What the task requires
Counting only lines that contain the string "where", how many are there in the data? Say the number alone.

Material for the task
☆ ☆ ☆ ☆ ☆ ☆ ☆
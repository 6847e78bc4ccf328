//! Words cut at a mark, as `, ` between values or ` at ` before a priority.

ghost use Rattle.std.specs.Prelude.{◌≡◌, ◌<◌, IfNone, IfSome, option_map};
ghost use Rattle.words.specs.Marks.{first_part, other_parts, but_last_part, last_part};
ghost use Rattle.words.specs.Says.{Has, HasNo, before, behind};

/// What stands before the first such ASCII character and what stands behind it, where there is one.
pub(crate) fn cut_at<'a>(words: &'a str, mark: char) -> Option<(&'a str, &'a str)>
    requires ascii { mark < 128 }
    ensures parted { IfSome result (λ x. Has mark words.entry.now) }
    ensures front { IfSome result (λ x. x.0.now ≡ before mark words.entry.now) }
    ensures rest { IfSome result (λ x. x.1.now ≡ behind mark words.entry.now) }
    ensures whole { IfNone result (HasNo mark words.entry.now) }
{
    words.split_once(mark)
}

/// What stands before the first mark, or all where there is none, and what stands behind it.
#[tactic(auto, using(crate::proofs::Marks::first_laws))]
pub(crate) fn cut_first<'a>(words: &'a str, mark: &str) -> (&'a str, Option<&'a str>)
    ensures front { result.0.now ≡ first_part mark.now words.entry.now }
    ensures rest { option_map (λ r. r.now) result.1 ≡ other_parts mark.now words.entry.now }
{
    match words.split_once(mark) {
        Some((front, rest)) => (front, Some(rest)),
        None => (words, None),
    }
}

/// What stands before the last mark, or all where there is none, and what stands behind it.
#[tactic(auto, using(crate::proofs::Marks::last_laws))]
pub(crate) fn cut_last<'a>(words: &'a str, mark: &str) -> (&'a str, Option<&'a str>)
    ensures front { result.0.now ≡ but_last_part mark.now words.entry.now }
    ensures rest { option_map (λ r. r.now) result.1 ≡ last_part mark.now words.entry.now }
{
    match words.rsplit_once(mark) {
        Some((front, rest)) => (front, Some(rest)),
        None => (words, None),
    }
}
☆ ☆ ☆ ☆ ☆ ☆ ☆
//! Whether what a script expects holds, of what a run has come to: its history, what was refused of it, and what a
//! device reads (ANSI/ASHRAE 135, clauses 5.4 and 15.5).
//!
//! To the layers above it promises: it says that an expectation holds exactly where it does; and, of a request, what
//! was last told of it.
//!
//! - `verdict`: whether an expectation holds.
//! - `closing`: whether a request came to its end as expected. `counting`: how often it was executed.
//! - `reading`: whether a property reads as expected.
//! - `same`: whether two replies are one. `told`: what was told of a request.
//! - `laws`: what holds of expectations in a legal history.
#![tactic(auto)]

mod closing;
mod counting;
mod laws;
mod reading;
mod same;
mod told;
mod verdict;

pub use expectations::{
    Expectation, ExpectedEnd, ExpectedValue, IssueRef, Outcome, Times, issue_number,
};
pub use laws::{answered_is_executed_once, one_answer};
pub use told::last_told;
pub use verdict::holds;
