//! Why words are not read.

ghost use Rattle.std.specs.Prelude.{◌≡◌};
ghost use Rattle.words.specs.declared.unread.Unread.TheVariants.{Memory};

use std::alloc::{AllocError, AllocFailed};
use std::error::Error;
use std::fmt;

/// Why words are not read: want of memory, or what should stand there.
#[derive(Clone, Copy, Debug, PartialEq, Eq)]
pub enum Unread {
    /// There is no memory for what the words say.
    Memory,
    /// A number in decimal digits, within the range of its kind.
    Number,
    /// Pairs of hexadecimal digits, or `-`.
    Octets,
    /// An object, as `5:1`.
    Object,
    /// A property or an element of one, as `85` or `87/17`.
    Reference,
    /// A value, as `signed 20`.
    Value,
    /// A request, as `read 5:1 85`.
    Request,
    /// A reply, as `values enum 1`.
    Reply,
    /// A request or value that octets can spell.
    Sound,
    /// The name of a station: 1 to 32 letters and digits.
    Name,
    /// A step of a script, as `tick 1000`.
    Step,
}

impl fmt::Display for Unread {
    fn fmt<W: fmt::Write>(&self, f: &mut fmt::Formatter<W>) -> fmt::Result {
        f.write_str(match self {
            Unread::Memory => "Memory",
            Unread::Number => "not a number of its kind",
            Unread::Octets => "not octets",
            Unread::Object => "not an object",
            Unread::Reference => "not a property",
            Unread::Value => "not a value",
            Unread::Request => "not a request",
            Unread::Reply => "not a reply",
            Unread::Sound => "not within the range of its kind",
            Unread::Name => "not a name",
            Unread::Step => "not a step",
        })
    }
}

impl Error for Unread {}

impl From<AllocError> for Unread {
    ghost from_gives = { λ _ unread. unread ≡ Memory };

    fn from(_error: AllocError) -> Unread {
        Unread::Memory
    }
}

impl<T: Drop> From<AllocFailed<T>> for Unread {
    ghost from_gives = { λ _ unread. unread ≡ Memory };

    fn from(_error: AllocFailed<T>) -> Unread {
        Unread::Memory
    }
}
☆ ☆ ☆ ☆ ☆ ☆ ☆
Written reply
4